BEKS was set up for everyone In the UK, To exchange Infomation and just to meet like minded people..
Being 16 I would like to set this up and when old enough and when I have a strong enough group to set up a Show, Magazine I don't know myself what will happen in the future...
Our first meet will be in the near future.. Probably after The Kidderminster show.
Would You sign up to my site please... So I could email you with future details.
The people coming so far are.. Please PM or sign up on the site.

Jon20008
Spit051261
Gaboon
JustJordan
Jomel
Sue67

WWW.BEKS.TK


Thanks everyone. 
Joel.


----------



## Josh-sama (Sep 26, 2008)

Already signed up. Can't wait for the meet. If succesful we can arrange another one the following month! Need some more people though! :Na_Na_Na_Na:


----------



## SNAKEWISPERA (Aug 27, 2007)

Hopefully In time things will pick up, Just see what happens at the moment.


----------



## Josh-sama (Sep 26, 2008)

With enough push, we can make it become big like you've said. Just need to get it popular. :lol2:


----------



## SNAKEWISPERA (Aug 27, 2007)

Indeed


----------



## SNAKEWISPERA (Aug 27, 2007)

Our first meet will be on the 24th July.
It will be In the St Julians Inn...
Maps of the world, street map search - powered by Multimap


----------



## Josh-sama (Sep 26, 2008)

In 10 days huh?
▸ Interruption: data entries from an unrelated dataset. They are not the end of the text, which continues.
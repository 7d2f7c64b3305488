// A clause reduced until no reducing step applies.

ghost use Rattle.std.specs.Prelude.{◌≡◌, ◌≤◌, IfOk, IsTrue};
ghost use Rattle.fol_base.specs.Canonical.{IsCanonical};
ghost use Rattle.fol_base.specs.Clause.{clause_size};
ghost use Rattle.fol_base.specs.Literal.{clause_of};
ghost use Rattle.fol_base.specs.declared.limits.TheConstants.{MOST_SYMBOLS};
ghost use Rattle.kernel_steps.specs.Names.{are_sorted};
ghost use Rattle.rewriting.specs.Units.{AreClausesOf};
ghost use Rattle.demodulate.specs.Memory.{Remembers};
ghost use Rattle.demodulate.specs.Reducing.{IsFurther, IsReduction};

use crate::laws::rewriting_ends;
use crate::memory::Memory;
use crate::simplifiers::Simplifiers;
use crate::stepping::step;
use fol_base::asserted_numbers;
use kernel_steps::Reduced;
use plain_types::Mem;
use reduced_clause::laws::moves_extend_reductions;
use rewriting::Rewriters;
use std::alloc::Global;
use unit_cutting::is_tautology;

/// How reducing ended.
#[derive(Clone, Copy)]
pub enum Reduction {
    /// A step led to a tautology.
    Tautology,
    /// No step applies, and none led to a tautology.
    Irreducible,
}

/// Reduces a clause until no reducing step applies, or one leads to a tautology: literals `t != t` go, equal literals are merged, and units
/// rewrite and cut, but for the one that is left out. After an out-of-memory error the clause is reduced by fewer steps.
pub fn reduce(
    alloc: Global,
    by: &Simplifiers<'_>,
    reduced: &mut Reduced,
    memory: &mut Memory,
) -> Mem<Reduction>
    requires equations { AreClausesOf by.now.bank.now by.now.equations.now }
    requires units { AreClausesOf by.now.bank.now by.now.units.now }
    requires canonical { IsCanonical (clause_of reduced.old.clause) }
    requires names { IsTrue (are_sorted reduced.old.clause.names) }
    requires size { clause_size (clause_of reduced.old.clause) ≤ MOST_SYMBOLS }
    requires memory { Remembers by.now.equations.now by.now.left_out memory.old }
    ensures further { IsFurther by.now.equations.now by.now.units.now by.now.left_out reduced.old reduced.new }
    ensures ok { IfOk result (IsReduction by.now.equations.now by.now.units.now by.now.left_out reduced.old reduced.new) }
    ensures memory { Remembers by.now.equations.now by.now.left_out memory.new }
{
    let asserted = asserted_numbers(alloc, reduced.clause.names.as_slice())?;
    let rewriters = Rewriters {
        units: by.equations,
        bank: by.bank,
        asserted: asserted.as_slice(),
        left_out: by.left_out,
    };
    memory.begin(rewriters.asserted)?;
    moves_extend_reductions();
    rewriting_ends();
    'steps: loop {
        let stepped = step(alloc, &rewriters, by.units, reduced, &mut memory.normal)?;
        if !stepped {
            return Ok(Reduction::Irreducible);
        }
        if is_tautology(&reduced.clause) {
            return Ok(Reduction::Tautology);
        }
    }
}
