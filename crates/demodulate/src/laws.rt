// The laws of rewriting, and worked examples: each is the contract of a function without arguments and with an empty body.

ghost use Rattle.std.specs.Prelude.{◌≡◌, [], ◌∷◌, None, Some};
ghost use Rattle.fol_base.specs.Examples.{x, a, b, c, clause, equation, f, is_predicate, p};
ghost use Rattle.fol_base.specs.Rules.{disequation};
ghost use Rattle.reduced_clause.specs.Examples.{given, units};
ghost use Rattle.demodulate.specs.Examples.{alone, as_it_was, members};
ghost use Rattle.demodulate.specs.Rank.{clause_rank, tree_rank, RanksFall, RanksKept};
ghost use Rattle.demodulate.specs.Simplified.{IsOutcome, LeadsToTautology};
ghost use Rattle.demodulate.specs.Usable.{without};
ghost use Rattle.demodulate.specs.declared.simplifying.Simplified.TheVariants.{Subsumed};

/// Each rewriting step makes a natural number of the clause smaller, its rank, and numbering its variables anew keeps it. So rewriting
/// ends, whatever steps are made.
pub fn rewriting_ends()
    ensures falls { RanksFall }
    ensures kept { RanksKept }
{}

/// Ranks among the ground terms of one symbol over `$true`, a and b.
pub fn rank_examples()
    ensures of_b { tree_rank 3 1 b ≡ 2 }
    ensures of_a { tree_rank 3 1 a ≡ 1 }
    ensures of_a_variable { tree_rank 3 1 (x 0) ≡ 0 }
    ensures of_a_clause { clause_rank 3 1 (clause (equation b a ∷ [])) ≡ 3 }
{}

/// The unit of two, with the numbers 0 and 1, that isn't left out may be used; and a tautology, to which no step needs to lead.
pub fn simplification_examples()
    ensures left_out { without (Some 1) units 1 ≡ None }
    ensures kept { without (Some 1) units 0 ≡ Some (clause (equation a b ∷ [])) }
    ensures tautology { LeadsToTautology is_predicate units (clause (equation a a ∷ [])) }
{}

/// The reduction of p(a), which stands alone in a set: where it is left out, it stays as it was, and isn't subsumed; else it is subsumed by
/// itself, and doesn't stay. Nor does a tautology stay, or a clause that a unit rewrites.
pub fn outcome_examples()
    ensures stays { IsOutcome is_predicate (without (Some 0) members) alone (as_it_was (p a)) }
    ensures left_out { IsOutcome is_predicate (without (Some 0) members) alone (Subsumed 0) → ⊥ }
    ensures subsumed { IsOutcome is_predicate (without None members) alone (Subsumed 0) }
    ensures not_subsumed { IsOutcome is_predicate (without None members) alone (as_it_was (p a)) → ⊥ }
    ensures tautology { IsOutcome is_predicate units (clause (equation a a ∷ [])) (as_it_was (equation a a)) → ⊥ }
    ensures rewritten { IsOutcome is_predicate units given (as_it_was (disequation (f b) c)) → ⊥ }
{}
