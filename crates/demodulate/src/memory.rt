// What is remembered from one reduction to the next.

ghost use Rattle.std.specs.Prelude.{◌≡◌, ℕ, IfOk, IsTrue, List, Option};
ghost use Rattle.bank_clause.specs.declared.member.Member.{Member};
ghost use Rattle.demodulate.specs.Memory.{Remembers};

use plain_types::Mem;
use rewriting::NormalTerms;
use std::alloc::Global;

/// Terms that no unit rewrites, in clauses with the same assertions. It serves as long as the clauses stay that may be used.
#[derive(Drop)]
pub struct Memory {
    /// The numbers of the names that the clauses assert.
    pub(crate) asserted: Vec<u32>,
    pub(crate) normal: NormalTerms,
}

impl Memory {
    /// Nothing is remembered.
    pub fn new(alloc: Global) -> Memory
        ensures { (equations : List Member) (out : Option ℕ) → Remembers equations out result }
    {
        Memory {
            asserted: Vec::new(alloc),
            normal: NormalTerms::new(alloc),
        }
    }

    /// Begins with a clause that has these assertions: what is remembered of clauses with others is forgotten.
    pub(crate) fn begin(&mut self, asserted: &[u32]) -> Mem<()>
        ensures remembers { (equations : List Member) (out : Option ℕ) → Remembers equations out self.old → Remembers equations out self.new }
        ensures asserted { IfOk result (λ _. self.new.asserted.items ≡ asserted.now) }
    {
        if are_same(self.asserted.as_slice(), asserted) {
            return Ok(());
        }
        self.normal.clear();
        self.asserted.clear();
        self.asserted.extend_from_slice(asserted)?;
        Ok(())
    }
}

/// Whether two lists of numbers are equal.
fn are_same(numbers: &[u32], others: &[u32]) -> bool
    ensures { IsTrue result → numbers.now ≡ others.now }
{
    numbers == others
}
Can't wait. 
What are the times?


----------



## JustJordan (Jul 2, 2008)

soo gutted i wont be joining you due to the change of the date!
the friday was my only day off looking after my g ma 
might of made sat if i was lucky
sunday is a no no!
just wonderin
what time is it?


----------



## SNAKEWISPERA (Aug 27, 2007)

JustJordan said:


> soo gutted i wont be joining you due to the change of the date!
> the friday was my only day off looking after my g ma
> might of made sat if i was lucky
> sunday is a no no!
> ...


7 till late, but we wont be there to about 8 because of my dad working :lol2:


----------



## Jomel (Nov 22, 2007)

Did this happen?

How did it all go?

Sorry we couldn't make this one, next time!

Paul & Lisa


----------



## SNAKEWISPERA (Aug 27, 2007)

Its tonight :lol:


----------



## JustJordan (Jul 2, 2008)

and i cant frigging go


----------